It irritated me, last night when I was paying bills, to realize that I couldn’t just write a check to pay the BX credit card and pop it in the mail; it’s due on the 1st and there just wasn’t enough time for the esteemed US Postal Service to get it there on time. It meant having to go to the base and pay it in person. Mostly I was irritated with myself for not paying closer attention to the due date when the bill came in.

I stopped being irritated when I got up this morning and it was pretty much the perfect day outside. That means topless driving!

A perfect day to drive out to the base with the top down on the car is also a perfect day to sit at a table outside the BX, sipping a soda, watching people go by. It’s also a perfect day for an 8 year old boy to talk his mother into letting him get a hot dog at the outdoor BBQ stand. She was reluctant at first, because she needed to get what she came to the BX for and get going quickly. He proclaimed himself old enough to buy it himself, and he would sit down at a table and eat it while she went inside, and he promised to be good.

Anywhere else, she would have said no. It’s not safe. But being on base gives you a certain sense of security, and good or bad, she sighed deeply, handed him money, and told him to buy it, sit down, eat, and not move.

He got in line and she headed for the BX, glancing back at him with obvious uncertainty. Like, when do I let go? When is it ok to do this? Am I making a colossal mistake?

He stood in line, waited his turn, and paid for his hot dog. Then he turned around and looked at the tables—there was another one vacant—and it seemed to hit him. Mom really is not here. I smiled at him, and he seemed to take it as Everything Will Be Ok. He screwed up his courage, took a few steps, and then asked if he could sit with me.

It’s the Mom factor; it happens once in a while. Kids seem to know Moms will protect them, even if it’s not THEIR mom.

He sat down, unwrapped his hot dog, took a deep breath—and just stared at it. When I looked a little closer, he had tears in his eyes. Thinking he was feeling way in over his head, I asked what was wrong.

“It’s burned. I hafta eat it, but it’s burned.”

No, I assured him as I looked at the charred hunk of pseudo-meat, you don’t have to eat it. We’ll take it back and ask the lady to exchange it for a good hot dog. She won’t be mad because she probably didn’t mean to give him a burned one (momentous for me, because this means Talking To People, something at which I am not very good. Heck, they might bite or kick or something…)

He got his unburned hot dog, and a free small drink to boot; we turned around to go back to the table, and I spotted, right at the corner to the BX entrance, his mother’s head as she peeked around the corner. Whatever errand that had been so pressing was clearly not more important than making sure her little boy was all right, and not more important than letting him take a baby step towards even a fleeting moment of independence.

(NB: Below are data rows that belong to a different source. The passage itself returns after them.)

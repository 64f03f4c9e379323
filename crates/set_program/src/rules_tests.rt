//! Tests of `run` with the word `rules`.
use crate::devices::{MemorySink, MemorySource, PlainSource, WatchedSink, WatchedSource};
use crate::program::run;
use crate::run_tests::{comment_of, good_sink};
use crate::sample_tests::words_of_line;
use crate::status::Status;
use rule_table::RuleError;
use std::test::Fail;

const OFFICE: &str =
    "allow 10.0.0.0-10.0.0.9\ndeny 10.0.0.5\nallow 10.0.0.6/31\nallow 10.0.0.6/31\n";

const OFFICE_ANSWER: &str = "0.0.0.0-9.255.255.255 none\n10.0.0.0-10.0.0.4 allow\n\
    10.0.0.5-10.0.0.5 deny\n10.0.0.6-10.0.0.9 allow\n10.0.0.10-255.255.255.255 none\n\
    block 10.0.0.0/30\nblock 10.0.0.4/32\nblock 10.0.0.6/31\nblock 10.0.0.8/31\ndead 3\n";

const NETWORK: &str =
    "allow 192.168.1.0/24\nallow 192.168.1.3\ndeny 192.168.1.0/28\nallow 192.168.1.1\n";

const NETWORK_ANSWER: &str = "0.0.0.0-192.168.0.255 none\n192.168.1.0-192.168.1.0 deny\n\
    192.168.1.1-192.168.1.1 allow\n192.168.1.2-192.168.1.15 deny\n\
    192.168.1.16-192.168.1.255 allow\n192.168.2.0-255.255.255.255 none\n\
    block 192.168.1.1/32\nblock 192.168.1.16/28\nblock 192.168.1.32/27\n\
    block 192.168.1.64/26\nblock 192.168.1.128/25\ndead 2\n";

#[test]
fn rules_are_answered(rt: HostRuntime) -> Result<(), Fail> {
    let alloc = rt.alloc();
    let words = words_of_line(alloc, "rules")?;
    let bad = Status::RuleFault(RuleError::BadRule { line: 1 });
    let reversed = Status::RuleFault(RuleError::ReversedRule { line: 1 });
    let table = [
        (OFFICE, OFFICE_ANSWER, Status::Done, 0),
        (NETWORK, NETWORK_ANSWER, Status::Done, 0),
        ("", "0.0.0.0-255.255.255.255 none\n", Status::Done, 0),
        ("allow 10.0.0.1/31\n", "line 1: bad rule\n", bad, 7),
        ("a: 1\n", "line 1: bad rule\n", bad, 7),
        (
            "deny 9.0.0.1-9.0.0.0\n",
            "line 1: reversed range\n",
            reversed,
            7,
        ),
    ];
    for (text, written, status, code) in table {
        let mut source = PlainSource::new(text.as_bytes().to_vec(alloc)?);
        let mut sink = good_sink(alloc)?;
        assert_eq!(rt;
            run(alloc, &words, &mut source, &mut sink),
            status,
            "at {text}"
        );
        assert_eq!(rt; status.code(), code);
        assert_eq!(rt; sink.bytes(), written.as_bytes(), "at {text}");
    }
    Ok(())
}

#[test]
fn other_words_beside_rules_are_usage(rt: HostRuntime) -> Result<(), Fail> {
    let alloc = rt.alloc();
    for line in [
        "rules 1",
        "rules rules",
        "rule",
        "Rules",
        "rules ",
        "sample rules",
    ] {
        let words = words_of_line(alloc, line)?;
        let mut source = WatchedSource::new(OFFICE.as_bytes().to_vec(alloc)?, 4, Vec::new(alloc));
        let mut sink = WatchedSink::new(4, Vec::new(alloc));
        assert_eq!(rt;
            run(alloc, &words, &mut source, &mut sink),
            Status::Usage,
            "at {line}"
        );
        assert_eq!(rt; source.handed().len(), 0);
        assert_eq!(rt; sink.handed().len(), 0);
    }
    Ok(())
}

#[test]
fn third_read_of_rules_fails(rt: HostRuntime) -> Result<(), Fail> {
    let alloc = rt.alloc();
    let words = words_of_line(alloc, "rules")?;
    let text = OFFICE.as_bytes().to_vec(alloc)?;
    let mut source = MemorySource::new(text, 4, vec![in alloc; 3u64]?);
    let mut sink = good_sink(alloc)?;
    assert_eq!(rt;
        run(alloc, &words, &mut source, &mut sink),
        Status::ReadFault
    );
    assert_eq!(rt; sink.bytes().len(), 0);
    Ok(())
}

#[test]
fn fifth_write_of_rules_fails(rt: HostRuntime) -> Result<(), Fail> {
    let alloc = rt.alloc();
    let words = words_of_line(alloc, "rules")?;
    for (text, written) in [(OFFICE, "0.0."), ("allow 1\n", "line")] {
        let mut source = PlainSource::new(text.as_bytes().to_vec(alloc)?);
        let mut sink = MemorySink::new(alloc, 64, 1, vec![in alloc; 5u64]?, false)?;
        let status = run(alloc, &words, &mut source, &mut sink);
        assert_eq!(rt; status, Status::WriteFault, "at {text}");
        assert_eq!(rt; sink.bytes(), written.as_bytes(), "at {text}");
    }
    Ok(())
}

#[test]
fn comment_of_65_537_bytes_is_too_long_for_rules(rt: HostRuntime) -> Result<(), Fail> {
    let alloc = rt.alloc();
    let words = words_of_line(alloc, "rules")?;
    let mut source = PlainSource::new(comment_of(alloc, 65_537)?);
    let mut sink = good_sink(alloc)?;
    assert_eq!(rt; run(alloc, &words, &mut source, &mut sink), Status::TooLong);
    assert_eq!(rt; sink.bytes().len(), 0);
    Ok(())
}
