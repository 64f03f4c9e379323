//! The cuts of a set one after another, each made as it is asked for.
ghost use Rattle.std.specs.Prelude.{◌≡◌, ℤ, List, [], ◌∷◌, drop, IfSome, IfNone};
ghost use Rattle.std.specs.Ordering.{int_cmp};
ghost use Rattle.number_line.specs.Ranges.{IsCanonical};
ghost use Rattle.ordered_lists.specs.Lists.{symmetric_difference};
ghost use Rattle.cut_points.specs.Cuts.{IsAscending, cuts as list_cuts};

use element_core::{Element, compare};
use range_map::{Range, RangeSet};
use std::cmp::Ordering;
use std::marker::Model;

/// The cuts of a set that are still to come, ascending, seen as the list of their numbers.
///
/// Each call O(1) time, no memory.
#[derive(Drop)]
pub(crate) struct CutsLeft<'a, T: Element> {
    ranges: &'a [Range<T>],
    // Whether the start of the first of these ranges was passed.
    begun: bool,
}

impl<'a, T: Element> Model for CutsLeft<'a, T> {
    ghost use Rattle.std.specs.Prelude.{ℤ, List};
    ghost use Rattle.number_line.specs.Ranges.{IsCanonical};
    ghost use Rattle.range_map.specs.Set.{all_in_numbers};
    ghost use Rattle.cut_points.specs.Cuts.{cuts_left};

    ghost Value = { List ℤ };

    ghost view = { λ left. cuts_left T.numbers.greatest left.begun
        (all_in_numbers T.numbers left.ranges.now) };

    ghost invariant = { λ left. IsCanonical T.numbers.least T.numbers.greatest
        (all_in_numbers T.numbers left.ranges.now) };
}

impl<'a, T: Element> CutsLeft<'a, T> {
    // Returns the cuts of `set`, all of them still to come.
    pub(crate) fn of(set: &'a RangeSet<T>) -> Self
        ensures all { result ≡ list_cuts T.numbers.greatest set.now }
        ensures canonical { IsCanonical T.numbers.least T.numbers.greatest set.now }
    {
        CutsLeft {
            ranges: set.as_slice(),
            begun: false,
        }
    }

    // Returns the next cut, which stays to come.
    fn peek(&self) -> Option<T>
        ensures some { IfSome result
            (λ cut. (rest : List ℤ) × (self.now ≡ T.numbers.number cut ∷ rest)) }
        ensures none { IfNone result (self.now ≡ []) }
        ensures ascending { IsAscending T.numbers.least T.numbers.greatest self.now }
    {
        let (range, _) = self.ranges.split_first()?;
        if self.begun {
            range.end().successor()
        } else {
            Some(range.start())
        }
    }

    // Passes over the next cut, if there is one.
    fn pass(&mut self)
        ensures { self.new ≡ drop 1 self.old }
    {
        if !self.begun {
            self.begun = true;
            return;
        }
        if let Some((_, others)) = self.ranges.split_first() {
            self.ranges = others;
            self.begun = false;
        }
    }
}

// Returns the first cut that just one side has, and passes over it and those before it.
pub(crate) fn take_lesser<T: Element>(
    left: &mut CutsLeft<'_, T>,
    right: &mut CutsLeft<'_, T>,
) -> Option<T>
    ensures some { IfSome result (λ cut. symmetric_difference int_cmp left.old right.old
        ≡ T.numbers.number cut ∷ symmetric_difference int_cmp left.new right.new) }
    ensures none { IfNone result ((symmetric_difference int_cmp left.old right.old ≡ [])
        × (symmetric_difference int_cmp left.new right.new ≡ [])) }
{
    while let Some(first) = left.peek() {
        let Some(second) = right.peek() else {
            left.pass();
            return Some(first);
        };
        match compare(first, second) {
            Ordering::Less => {
                left.pass();
                return Some(first);
            }
            Ordering::Greater => {
                right.pass();
                return Some(second);
            }
            Ordering::Equal => {
                left.pass();
                right.pass();
            }
        }
    }
    let last = right.peek()?;
    right.pass();
    Some(last)
}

She mouthed “thank you;” I nodded and mouthed “go ahead,” and she disappeared into the BX. Less than 4 minutes later she was coming out, just as her little boy was swallowing the last bite of his hot dog.

He smiled brightly and told her, “That was a really good hot dog!”

“You’re getting too big,” she sighed.

He shook his head. “I had to get help.”

“Even grown ups have to ask for help sometimes,” she assured him.

I agreed. And as he shoved his drink cup into the trash can, he thanked me for helping him and sitting with him.

A few minutes after that I was back in my car, driving with the top down, wind whipping my hair, thinking that hell yes, it’s damned fine day.